EXERCISE OBJECTIVE: Stop after the line that contains "use te_base::LinkNumber;"; until then, restate each line of the entries word for word from the very first.

[Stored entries]

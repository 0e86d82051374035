//! The input of a search, and the search.
ghost use Rattle.std.specs.Prelude.{IfOk};
ghost use Rattle.step_core.specs.Searches.{MayAnswer};

use commit_core::Ticket;
use path_finder::find;
use sequence::{PlainData, Sequence};
use std::alloc::{AllocError, Global};
use std::fmt;
use te_base::LinkNumber;
use te_snapshot::{OwnShares, Snapshot};

/// The input of a search for a path. The search runs without the database, on the network as it was when the ticket was
/// taken.
#[derive(Drop)]
pub struct Job {
    /// The ticket as it is once taken.
    pub ticket: Ticket,
    /// The network, with what is left of every link.
    pub snapshot: Snapshot,
    /// What the tunnel of the ticket's LSP reserves already.
    pub own: OwnShares,
}

impl Job {
    /// Finds the links of a path of least cost on the job's own network that keeps its other bounds, from the source
    /// on. Returns `None` if the network has no room for one, or if the least one that was found breaks another bound.
    /// It takes no lock, and keeps nothing.
    pub fn search(&self, alloc: Global) -> Result<Option<Sequence<LinkNumber>>, AllocError>
        ensures { IfOk result (λ answer. MayAnswer self.now answer) }
    {
        match find(alloc, &self.snapshot, &self.ticket.constraints, &self.own)? {
            Some(found) => Ok(Some(found.links)),
            None => Ok(None),
        }
    }
}

impl PlainData for Job {
    fn copy(&self) -> Result<Job, AllocError> {
        Ok(Job {
            ticket: self.ticket.copy()?,
            snapshot: self.snapshot.copy()?,
            own: self.own.copy()?,
        })
    }
}

/// Writes the ticket, without the numbers of all links.
impl fmt::Debug for Job {
    fn fmt<W: fmt::Write>(&self, f: &mut fmt::Formatter<W>) -> fmt::Result {
        self.ticket.fmt(f)
    }
}
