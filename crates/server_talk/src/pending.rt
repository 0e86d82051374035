//! A line that hasn't ended.
ghost use Rattle.std.specs.Prelude.{◌≡◌, ◌+◌, ◌-◌, ◌^◌, min, ◌∷◌, ◌++◌, [], ℕ, List, option_map, IfOk};
ghost use Rattle.server_talk.specs.Listening.{AreKept, Asks, IsKept};
ghost use Rattle.server_talk.specs.Naming.{IsNamedText};
ghost use Rattle.server_talk.specs.Notes.{MayExplain};
ghost use Rattle.server_talk.specs.Requests.{explained_in, request_of};

use crate::requests::{LINE_LIMIT, Request, explained_in, named_in, request_of};
use std::alloc::{AllocError, Global};

/// A line that hasn't ended, and its number from 1.
#[derive(Drop)]
pub(crate) struct OpenLine {
    pub number: u64,
    pub bytes: Vec<u8>,
    pub is_long: bool,
}

impl OpenLine {
    /// Adds a byte, or notes that the line is too long. Takes no memory.
    pub fn add(&mut self, byte: u8)
        ensures number { self.new.number ≡ self.old.number }
        ensures kept { (line : List ℕ) → IsKept self.old line → IsKept self.new (line ++ byte ∷ []) }
    {
        if self.bytes.len() < LINE_LIMIT && self.bytes.push(byte).is_ok() {
            return;
        }
        self.is_long = true;
    }

    /// Begins the next line.
    pub fn end(&mut self)
        ensures number { self.new.number ≡ min (self.old.number + 1) (2 ^ 64 - 1) }
        ensures kept { (line : List ℕ) → IsKept self.old line → IsKept self.new [] }
    {
        self.bytes.clear();
        self.is_long = false;
        self.number = self.number.saturating_add(1);
    }

    /// Returns what the line asks for. A line that is too long is bad.
    pub fn request(&self, alloc: Global) -> Result<Option<Request>, AllocError>
        ensures { (line : List ℕ) → AreKept self.now.is_long self.now.bytes.items line → Asks result (request_of line) }
    {
        if self.is_long {
            return Ok(None);
        }
        request_of(alloc, &self.bytes)
    }

    /// Returns the text of a line that has names, without the word `words`.
    pub fn named(&self) -> Option<&str>
        ensures { (line : List ℕ) → IsKept self.now line → IsNamedText (option_map (λ text. text.now) result) line }
    {
        if self.is_long {
            return None;
        }
        named_in(&self.bytes)
    }

    /// Keeps a text as the line with this number.
    pub fn of_text(alloc: Global, number: u64, text: &str) -> Result<OpenLine, AllocError>
        ensures { IfOk result (λ line. AreKept line.is_long line.bytes.items text.now) }
    {
        let mut bytes = Vec::new(alloc);
        if text.len() > LINE_LIMIT {
            return Ok(OpenLine {
                number,
                bytes,
                is_long: true,
            });
        }
        bytes.extend_from_slice(text.as_bytes())?;
        Ok(OpenLine {
            number,
            bytes,
            is_long: false,
        })
    }

    /// Returns the text of a line that isn't too long.
    pub fn text(&self) -> Option<&str> {
        if self.is_long {
            return None;
        }
        str::from_utf8(&self.bytes).ok()
    }

    /// Returns the line whose answer is to be explained: what comes after the word `words`.
    pub fn explained(&self) -> Option<&str>
        ensures { (line : List ℕ) → IsKept self.now line → MayExplain (option_map (λ asked. asked.now) result) (explained_in line) }
    {
        if self.is_long {
            return None;
        }
        match str::from_utf8(&self.bytes) {
            Ok(text) => explained_in(text),
            Err(_) => None,
        }
    }
}
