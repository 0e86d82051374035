//! What an operator sends.
use crate::places::{Place, Stopwatch};
use crate::waits::is_quiet;
use std::io;
use std::io::Read;
use std::os::unix::net::UnixStream;
use std::time::Clock;

/// A socket as a reader. It is at its end when the operator must make room for another.
#[derive(Drop)]
pub(crate) struct ControlReader<'a, R: Clock> {
    pub stream: &'a UnixStream,
    pub place: &'a Place,
    pub clock: &'a Stopwatch<'a, R>,
}

impl<'a, R: Clock> Read for ControlReader<'a, R> {
    fn read(&mut self, buf: &mut [u8]) -> io::Result<usize> {
        if self.place.must_go() {
            return Ok(0);
        }
        self.place.wait(self.clock.now_ms());
        let mut stream = self.stream;
        match stream.read(buf) {
            Ok(count) => {
                self.place.answer();
                Ok(count)
            }
            Err(error) if is_quiet(error.kind()) && self.place.must_go() => Ok(0),
            Err(error) => Err(error),
        }
    }
}
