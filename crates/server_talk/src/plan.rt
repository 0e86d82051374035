//! The link text of a server's network, read again while the server runs.
use sequence::Sequence;
use step_core::LinkReload;
use te_base::TeFault;

/// Why a link text gives no values.
#[derive(Clone, Copy, PartialEq, Eq, Debug)]
pub enum PlanFault {
    /// It can't be read.
    Device,
    /// It has this fault, which may be that memory ran out.
    Te(TeFault),
}

/// The link text of a server's network. Each reading may give another text.
pub trait Plan {
    ghost use Rattle.std.specs.Prelude.{List, Result, ⊤};
    ghost use Rattle.link_reload.specs.declared.entry.LinkReload.{LinkReload};
    ghost use Rattle.server_talk.specs.declared.plan.PlanFault.{PlanFault};

    /// A reading may give this.
    ghost reads: { Self → Result (List LinkReload) PlanFault → Type 0 } = { λ _ _. ⊤ };

    /// Reads the text, and returns the values that it gives all links.
    fn read(&self) -> Result<Sequence<LinkReload>, PlanFault>
        ensures { reads self.now result };
}
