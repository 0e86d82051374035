//! What is sent to an operator, and how long to wait until it is taken.
use crate::listen::Watch;
use crate::places::{Place, Stopwatch};
use crate::waits::is_quiet;
use std::io;
use std::io::{ErrorKind, Write};
use std::os::unix::net::UnixStream;
use std::time::Clock;

/// The most waits of one write, each as long as the socket's.
const WAITS: u32 = 40;

/// A socket as a writer that gives up on an operator who takes nothing: at once if the run should end, or if the
/// operator must make room for another.
#[derive(Drop)]
pub(crate) struct ControlWriter<'a, R: Clock, W: Watch> {
    pub stream: &'a UnixStream,
    pub place: &'a Place,
    pub clock: &'a Stopwatch<'a, R>,
    pub watch: &'a W,
}

impl<'a, R: Clock, W: Watch> Write for ControlWriter<'a, R, W> {
    fn write(&mut self, buf: &[u8]) -> io::Result<usize> {
        let mut stream = self.stream;
        self.place.wait(self.clock.now_ms());
        for _wait in 0..WAITS {
            match stream.write(buf) {
                Err(error) if is_quiet(error.kind()) => {}
                written => {
                    self.place.answer();
                    return written;
                }
            }
            if self.watch.is_closing() || self.place.must_go() {
                break;
            }
        }
        Err(io::Error::from(ErrorKind::TimedOut))
    }

    fn flush(&mut self) -> io::Result<()> {
        Ok(())
    }
}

WRITTEN RESPONSE:
repository 0e86d82051374035
//! The input of a search, and the search.
ghost use Rattle.std.specs.Prelude.{IfOk};
ghost use Rattle.step_core.specs.Searches.{MayAnswer};

use commit_core::Ticket;
use path_finder::find;
use sequence::{PlainData, Sequence};
use std::alloc::{AllocError, Global};
use std::fmt;
use te_base::LinkNumber;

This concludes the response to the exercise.